Like many others, I have a process for bookmarking web pages to read later. My requirements for web page bookmarking are:
- Ability to bookmark pages must be available from all (within reason) platforms - PC/browser, mobile device, etc.
- Bookmarks must be centrally stored (implicit from #2) so that I can read the bookmarks from anywhere/any device
- Full text of web pages must be stored
Bonus features would be:
- Bookmarks and page content should be full text searchable
- Maintain an archive indefinitely
- Distinguish between what's read vs. unread
- Bookmarked page content is cleaned up, e.g. ads eliminated, unnecessary html removed, pages better formatted for reading
My current process (which addresses most of these requirements) is as follows:
- I set up a Gmail account with 2 labels, "Bookmarks Unread" and "Bookmarks Read"
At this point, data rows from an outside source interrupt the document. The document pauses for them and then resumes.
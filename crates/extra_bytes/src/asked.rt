//! The fields that a writer is asked for.

ghost use Rattle.std.specs.Prelude.{◌≡◌, ◌≤◌, true, false, None, Some, MatchOption, IfOk, OnOk, IfErr, length, map};
ghost use Rattle.cloud_points.specs.ExtraNames.{DifferentNames, place_in};
ghost use Rattle.std.specs.List.{All};
ghost use Rattle.cloud_points.specs.Layouts.{holds};
ghost use Rattle.extra_bytes.specs.Fields.{AreLaid, moved};
ghost use Rattle.extra_bytes.specs.Asked.{AreOwn, all_from, asked_fault, asked_field, asked_fields, asked_of, field_unknown};
ghost use Rattle.extra_bytes.specs.Asked.{is_extra, places_scale};
ghost use Rattle.stage_names.specs.Faults.{IsFaultOf};

use cloud_points::{Dim, ExtraField, ExtraKind, ExtraNames, FieldList, Layout};
use decimal_coords::Scale;
use option_texts::{ExtraDims, NamedField};
use stage_names::{PipeErr, PipeFault};
use std::alloc::{AllocError, Global};

/// The step of values with so many decimal places in nanounits.
fn step_of(places: u32) -> i64
    ensures { result ≡ (places_scale places).nano }
{
    match places {
        0 => 1_000_000_000,
        1 => 100_000_000,
        2 => 10_000_000,
        3 => 1_000_000,
        4 => 100_000,
        5 => 10_000,
        6 => 1_000,
        7 => 100,
        8 => 10,
        _ => 1,
    }
}

/// Steps of values with so many decimal places; more than nine are as nine.
fn places_scale(places: u32) -> Scale
    ensures { result ≡ places_scale places }
{
    match Scale::new(step_of(places)) {
        Some(scale) => scale,
        None => unreachable!(),
    }
}

/// The place of a name that is that of an extra dimension of the layout.
fn extra_place(name: &str, names: &ExtraNames, layout: &Layout) -> Option<u8>
    ensures { MatchOption result (is_extra (holds layout.now) names.now name.now ≡ false)
        (λ place. (is_extra (holds layout.now) names.now name.now ≡ true)
        × (place_in name.now names.now ≡ Some place)) }
{
    let place = names.place(name)?;
    if layout.has(Dim::Extra(place)) {
        Some(place)
    } else {
        None
    }
}

/// The field for one that is asked for, at a place of the record. `DimUnknown` comes exactly where its name isn't that of an extra
/// dimension of the layout.
fn ask_field(
    alloc: Global,
    field: &NamedField,
    names: &ExtraNames,
    layout: &Layout,
    i: u32,
    at: usize,
) -> Result<ExtraField, PipeErr>
    ensures ok { IfOk result (λ f. f ≡ asked_field names.now at field.now) }
    ensures none { OnOk result (field_unknown i (holds layout.now) names.now field.now ≡ None) }
    ensures fault { IfErr result (IsFaultOf (field_unknown i (holds layout.now) names.now field.now)) }
{
    let name = field.name.try_copy(alloc)?;
    let Some(place) = extra_place(field.name.as_str(), names, layout) else {
        return Err(PipeErr::Fault(PipeFault::DimUnknown(i, name)));
    };
    Ok(ExtraField {
        name,
        place,
        kind: field.kind,
        at,
        scale: places_scale(field.places),
        offset: 0,
    })
}

/// The fields for these, one right behind another.
fn ask_each(
    alloc: Global,
    asked: &[NamedField],
    names: &ExtraNames,
    layout: &Layout,
    i: u32,
    from: usize,
) -> Result<FieldList, PipeErr>
    requires few { length asked.now ≤ 8 }
    requires near { from ≤ 65535 }
    ensures ok { IfOk result (λ fields. fields ≡ asked_fields names.now from asked.now) }
    ensures none { OnOk result (asked_fault i (holds layout.now) names.now asked.now ≡ None) }
    ensures fault { IfErr result (IsFaultOf (asked_fault i (holds layout.now) names.now asked.now)) }
    ensures few { IfOk result (λ fields. length fields ≤ 8) }
{
    let mut fields = Vec::new(alloc);
    let mut at = from;
    for field in asked {
        let bound = ask_field(alloc, field, names, layout, i, at)?;
        at += bound.kind.size();
        fields.push(bound).map_err(AllocError::from)?;
    }
    Ok(FieldList::new(fields))
}

/// What the type of extra names says of them.
pub(crate) fn known_names(names: &ExtraNames)
    ensures few { length names.now ≤ 8 }
    ensures different { DifferentNames names.now }
{
    let _names = names.as_slice();
}

/// The same fields, each so many bytes further behind.
pub fn move_fields(fields: FieldList, by: usize) -> FieldList
    requires near { All (λ f. f.at ≤ 64) fields }
    requires by { by ≤ 65535 }
    ensures { result ≡ map (moved by) fields }
{
    let mut moved = fields.into_vec();
    for field in moved.iter_mut() {
        field.at += by;
    }
    FieldList::new(moved)
}

/// Each extra dimension of a layout, as 64 bits with nine decimal places.
fn all_of(alloc: Global, names: &ExtraNames, layout: &Layout) -> Result<Vec<NamedField>, AllocError>
    ensures all { IfOk result (λ asked. asked.items ≡ all_from 0 (holds layout.now) names.now) }
    ensures few { IfOk result (λ asked. length asked.items ≤ 8) }
{
    let mut asked = Vec::new(alloc);
    for (place, name) in names.as_slice().iter().enumerate() {
        if layout.has(Dim::Extra(place as u8)) {
            asked.push(NamedField {
                name: name.try_copy(alloc)?,
                kind: ExtraKind::I64,
                places: 9,
            })?;
        }
    }
    Ok(asked)
}

/// The fields that the writer of stage i is asked for, over the extra names and the layout of its points: one right behind another
/// from byte `from` of the record on, with offset 0. Where the extra names are names of at most 32 bytes, and none of the standard's,
/// they are such as descriptors describe.
///
/// `DimUnknown` comes exactly where a name isn't that of an extra dimension of the layout, with the first such name, and `Memory`
/// only where there was none.
pub fn ask_fields(
    alloc: Global,
    dims: &ExtraDims,
    names: &ExtraNames,
    layout: &Layout,
    i: u32,
    from: usize,
) -> Result<FieldList, PipeErr>
    requires near { from ≤ 65535 }
    ensures ok { IfOk result (λ fields. fields
        ≡ asked_fields names.now from (asked_of (holds layout.now) names.now dims.now)) }
    ensures none { OnOk result (asked_fault i (holds layout.now) names.now
        (asked_of (holds layout.now) names.now dims.now) ≡ None) }
    ensures fault { IfErr result (IsFaultOf (asked_fault i (holds layout.now) names.now
        (asked_of (holds layout.now) names.now dims.now))) }
    ensures laid { AreOwn names.now → IfOk result (AreLaid from) }
    ensures few { IfOk result (λ fields. length fields ≤ 8) }
{
    known_names(names);
    match dims {
        ExtraDims::All => {
            let all = all_of(alloc, names, layout)?;
            ask_each(alloc, &all, names, layout, i, from)
        }
        ExtraDims::Fields(fields) => { ask_each(alloc, fields.as_slice(), names, layout, i, from) }
    }
}
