/// What a writer holds. A clause sees a writer as these parts.
pub struct WriterParts<K> {
    sink: K,
    form: LasForm,
    start: u32,
    totals: Totals,
    buffer: Vec<u8>,
    ghost decided: { IsForm form },
    ghost behind: { start ≡ points_at form },
    ghost room: { 6528 ≤ vec_len buffer },
}

impl<K: FileSink> Model for LasWriter<K> {
    ghost use Rattle.std.specs.Prelude.{◌≤◌};
    ghost use Rattle.las_header.specs.Versions.{block_size};
    ghost use Rattle.las_writer.specs.declared.writer.WriterParts.{WriterParts as Parts};

    ghost Value = { Parts K };

    ghost view = { λ w. w.parts };

    // The header block stands in front.
    ghost invariant = { λ w. block_size w.parts.form.minor ≤ K.appended w.parts.sink };
}

/// What is wrong with a chunk of one point.
fn put_fault(e: ChunkErr) -> PutFault
    ensures { result ≡ put_fault e }
{
    match e {
        ChunkErr::Refused(refused) => match refused.why {
            RecordFault::TooMany => PutFault::TooMany,
            RecordFault::NotHeld(dim) => PutFault::NotHeld(dim),
            RecordFault::ValueOutOfRange(dim) => PutFault::ValueOutOfRange(dim),
        },
        ChunkErr::Failed => PutFault::Failed,
    }
}

/// Writes the header block with these totals at the front of `block`, and answers its size.
fn header_block(
    form: &LasForm,
    start: u32,
    totals: &Totals,
    block: &mut [u8; LONGEST_BLOCK],
) -> usize
    requires form { IsForm form.now }
    requires start { start ≡ points_at form.now }
    ensures bytes { take result block.new ≡ header_block (header_with form.now totals.now) }
    ensures size { result ≡ block_size form.now.minor }
    ensures long { length (header_block (header_with form.now totals.now)) ≡ block_size form.now.minor }
    ensures within { result ≤ LONGEST_BLOCK }
{
    write_header(&header_with(form, start, totals), block)
}
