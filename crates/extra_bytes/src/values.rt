//! Reads the values of extra dimensions.

ghost use Rattle.std.specs.Prelude.{◌≡◌, ◌+◌, ◌*◌, ◌*ℤ◌, ◌^◌, ◌<◌, ◌≤◌, unsigned_abs, length, true, Some, None, IfOk, OnErr};
ghost use Rattle.cloud_points.specs.ExtraFields.{kind_size};
ghost use Rattle.extra_bytes.specs.Values.{LiesIn, raw_at, value_of, is_held, extra_read};

use byte_numbers::{i8_at, i16_at, i32_at, u8_at, u16_at, u32_at, u64_at};
use cloud_points::{ExtraField, ExtraKind, MOST_NANO, OutOfRange};
use decimal_coords::Scale;

/// The raw number of a kind at a place.
#[inline]
fn raw_at(kind: ExtraKind, at: usize, bytes: &[u8]) -> i128
    requires { at + kind_size kind ≤ length bytes.now }
    ensures value { result ≡ raw_at kind at bytes.now }
    ensures small { unsigned_abs result < 2 ^ 64 }
{
    match kind {
        ExtraKind::U8 => u8_at(bytes, at) as i128,
        ExtraKind::I8 => i8_at(bytes, at) as i128,
        ExtraKind::U16 => u16_at(bytes, at) as i128,
        ExtraKind::I16 => i16_at(bytes, at) as i128,
        ExtraKind::U32 => u32_at(bytes, at) as i128,
        ExtraKind::I32 => i32_at(bytes, at) as i128,
        ExtraKind::U64 => u64_at(bytes, at) as i128,
        ExtraKind::I64 => u64_at(bytes, at).cast_signed() as i128,
    }
}

/// So many steps of a scale, in nanounits.
#[inline]
fn stepped(scale: Scale, raw: i128) -> i128
    requires { unsigned_abs raw < 2 ^ 64 }
    ensures value { result ≡ raw *ℤ scale.nano }
    ensures small { unsigned_abs result ≤ 2 ^ 64 * 10 ^ 9 }
{
    raw * scale.nano() as i128
}

/// The value of a raw number in nanounits.
#[inline]
fn value_of(f: &ExtraField, raw: i128) -> i128
    requires { unsigned_abs raw < 2 ^ 64 }
    ensures { result ≡ value_of f.now raw }
{
    stepped(f.scale, raw) + f.offset as i128
}

/// Whether a point holds so many nanounits in an extra dimension.
#[inline]
fn is_held(nano: i128) -> bool
    ensures { result ≡ is_held nano }
{
    -MOST_NANO <= nano && nano <= MOST_NANO
}

/// A number of nanounits that a point holds.
#[inline]
fn held(nano: i128) -> i64
    requires { is_held nano ≡ true }
    ensures { result ≡ nano }
{
    nano as i64
}

/// The value of a field in a record, in nanounits: its raw number of steps from its offset.
///
/// It is refused exactly where it is above 4 * 10^18 nanounits in size, which no point holds.
#[inline]
#[tactic(auto, unfolding(crate::specs::Values::extra_read))]
pub fn get_extra(f: &ExtraField, bytes: &[u8]) -> Result<i64, OutOfRange>
    requires { LiesIn f.now bytes.now }
    ensures ok { IfOk result (λ nano. extra_read f.now bytes.now ≡ Some nano) }
    ensures refused { OnErr result (extra_read f.now bytes.now ≡ None) }
{
    let raw = raw_at(f.kind, f.at, bytes);
    let value = value_of(f, raw);
    if is_held(value) {
        Ok(held(value))
    } else {
        Err(OutOfRange)
    }
}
- Gmail filters set up such that depending on the form of the address (using Gmail's '+string' functionality in addresses), the incoming bookmark gets labeled appropriately
- On each of my browsers/devices, I have an address book entry for MyGmailAccount+BookmarksUnread@gmail.com and MyGmailAccount+BookmarksRead@gmail.com.
- If I want to clean up the page content, I use the Readability bookmarklet which does a great job of giving me the essential content only
- Anywhere I have Firefox, I use the Send Page by Email extension which, with 2 clicks, allows me to send the cleaned-up Readability page URL and content to one of the above email addresses.
- Where I don't have Firefox (e.g. iPhone or other mobile device) I use the native ability to send the current link via email (most/all apps have them, including the browser, RSS readers, NYTimes, etc.). In most cases (unless it's built into the particular app), this won't include the page body.
The process is almost perfect. I've got the central access and ubiquitous access of Gmail as the storage mechanism, full text searchability (due to Gmail, but of course only for the URLs I send from that Firefox extension), a cleaned up page due to Readability, ability to read offline (assuming I use an IMAP client against Gmail) and permanent archiving of content, including what's been read vs. unread.
The missing pieces are:
- The Send Page by Email Firefox extension seems to only send X bytes of a web page. Or some portion. UPDATE: I was incorrect. The limitation is that sendemail.exe (which the extension uses to send the email has a 16k limit on the body text passed in.)
- Where I don't have Firefox, I can only send the link, so no full text search at all in those cases.
Instapaper looks interesting because it does page clean-up, but it's not clear to me that it actually stores the page content or is full text searchable. In addition, they state in their FAQ that their storage isn't mean to be long term.
Thoughts on addressing the gaps and improving this process further?